In the data, find the word "whose" and copy out every line that has it.

[[ Data for review, beginning ]]

// The numbers of a slack run.

ghost use Rattle.std.specs.Prelude.{◌≡◌};
ghost use Rattle.slack_state.specs.Meters.{HasPaid, IsSolvent, MeterDoes, metered};
ghost use Rattle.slack_meaning.specs.Actions as A;
ghost use Rattle.slack_meaning.specs.Actions.{take_unit};
ghost use Rattle.slack_meaning.specs.Answers.{answered, await, read_lead, submit};

use crate::early::Reason;
use crate::spans::{FARTHEST, are_both_numbers, exactly, sum};
use limits::LEAD;
use meaning_numbers::moved_on;
use rtio_types::{Event, counter_reaching, cycle_of_stamp, reading, whole_cycles};
use slack_meaning::{OpenKind, Span, SpanEvent, Stopped};

/// The units left, a bound for the core's limit and the least that its counter reads, both in mu, how many outputs and requests
/// were asked, the cost of a request in mu, and how many events a lane takes at least.
#[derive(Clone, Copy, Debug, PartialEq, Eq)]
pub struct Meter {
    pub units: u32,
    pub limit: u64,
    pub least: u64,
    pub outs: u64,
    pub requests: u64,
    pub cost: u64,
    pub depth: u32,
}

// What the counter reads first at a moment in mu or after it.
fn reading_at(moment: i64) -> u64
    ensures { result ≡ reading (counter_reaching moment) }
{
    reading(counter_reaching(moment))
}

ghost use Rattle.rtio_types.specs.Time.{counter_reaching, reading};

impl Meter {
    ghost use Rattle.std.specs.Prelude.{◌≡◌};

    /// Takes a unit, or ends where none is left.
    pub fn take_unit(&mut self) -> Result<(), Reason>
        requires { IsSolvent self.now }
        ensures does { (a : A.State) → MeterDoes result (metered a self.old) (metered a self.new) (take_unit (metered a self.old)) }
        ensures solvent { IsSolvent self.new }
        ensures paid { OnOk result (HasPaid self.new) }
    {
        if self.units == 0 {
            return Err(Reason::Budget);
        }
        self.units -= 1;
        Ok(())
    }

    ghost use Rattle.std.specs.Prelude.{OnOk};

    /// A request that is answered at once, whose unit is taken.
    pub fn answer(&mut self)
        requires { HasPaid self.now }
        ensures does { (a : A.State) → answered (metered a self.old) ≡ A.normal tt (metered a self.new) }
        ensures solvent { IsSolvent self.new }
    {
        self.limit += self.cost;
        self.requests += 1;
    }

    /// A wait until a moment in mu, whose unit is taken.
    pub fn await_moment(&mut self, moment: i64)
        requires { HasPaid self.now }
        ensures does { (a : A.State) → await moment (metered a self.old) ≡ A.normal tt (metered a self.new) }
        ensures solvent { IsSolvent self.new }
    {
        let reading = reading_at(moment);
        self.limit = self.limit.max(reading) + self.cost;
        self.least = self.least.max(reading);
        self.requests += 1;
    }

    /// An output, whose unit is taken, unless it may come too late.
    pub fn submit(&mut self, event: &SpanEvent) -> Result<(), Reason>
        requires { HasPaid self.now }
        ensures does { (a : A.State) → MeterDoes result (metered a self.old) (metered a self.new) (submit event.now (metered a self.old)) }
        ensures solvent { IsSolvent self.new }
    {
        if cycle_of_stamp(event.stamp.least) <= whole_cycles(self.limit) {
            let earliest = Event {
                channel: event.channel,
                address: event.address,
                value: event.value,
                stamp: event.stamp.least,
            };
            return Err(Reason::Decided(Stopped::TooLate {
                number: self.outs,
                event: earliest,
                limit: self.limit,
            }));
        }
        if self.outs >= self.depth as u64 {
            let waited = reading(cycle_of_stamp(event.stamp.greatest).saturating_sub(1));
            self.limit = self.limit.max(waited);
        }
        self.limit += self.cost;
        self.requests += 1;
        self.outs += 1;
        Ok(())
    }

    /// The lead over a reading of the counter, whose unit is taken, unless it may reach too far.
    pub fn read_lead(&mut self) -> Result<Span, Reason>
        requires { HasPaid self.now }
        ensures does { (a : A.State) → MeterDoes result (metered a self.old) (metered a self.new) (read_lead (metered a self.old)) }
        ensures solvent { IsSolvent self.new }
    {
        if self.limit + LEAD > FARTHEST as u64 {
            return Err(Reason::Decided(Stopped::Unknown {
                requests: self.requests,
                why: OpenKind::Far,
            }));
        }
        let lead = Span {
            least: (self.least + LEAD) as i64,
            greatest: (self.limit + LEAD) as i64,
        };
        self.limit += self.cost;
        self.requests += 1;
        Ok(lead)
    }

    /// A moment moved on by a time: numbers wrap, and a span may not reach too far.
    pub fn moved(&self, moment: Span, time: Span) -> Result<Span, Reason>
        ensures { (a : A.State) → DoesAlways result (metered a self.now) (moved moment time (metered a self.now)) }
    {
        if are_both_numbers(moment, time) {
            return Ok(exactly(moved_on(moment.least, time.least)));
        }
        match sum(moment, time) {
            Some(span) => Ok(span),
            None => Err(Reason::Decided(Stopped::Unknown {
                requests: self.requests,
                why: OpenKind::Far,
            })),
        }
    }

    ghost use Rattle.slack_meaning.specs.Timeline.{moved, play_event, play_events};
    ghost use Rattle.slack_state.specs.Does.{DoesAlways};

    // Submits an event of a recording, moved by a time in mu.
    fn play_event(&mut self, event: &SpanEvent, time: Span) -> Result<(), Reason>
        requires { IsSolvent self.now }
        ensures does { (a : A.State) → DoesAlways result (metered a self.new) (play_event event.now time (metered a self.old)) }
        ensures solvent { IsSolvent self.new }
    {
        let stamp = self.moved(event.stamp, time)?;
        self.take_unit()?;
        let moved = SpanEvent {
            channel: event.channel,
            address: event.address,
            value: event.value,
            stamp,
        };
        self.submit(&moved)
    }

    /// Submits the events of a recording, moved by a time in mu.
    pub fn play_events(&mut self, events: &[SpanEvent], time: Span) -> Result<(), Reason>
        requires { IsSolvent self.now }
        ensures does { (a : A.State) → DoesAlways result (metered a self.new) (play_events events.now time (metered a self.old)) }
        ensures solvent { IsSolvent self.new }
    {
        for event in events.iter() {
            self.play_event(event, time)?;
        }
        Ok(())
    }
}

[[ Data for review, end ]]

• **Task response**:
    /// A request that is answered at once, whose unit is taken.
    /// A wait until a moment in mu, whose unit is taken.
    /// An output, whose unit is taken, unless it may come too late.
    /// The lead over a reading of the counter, whose unit is taken, unless it may reach too far.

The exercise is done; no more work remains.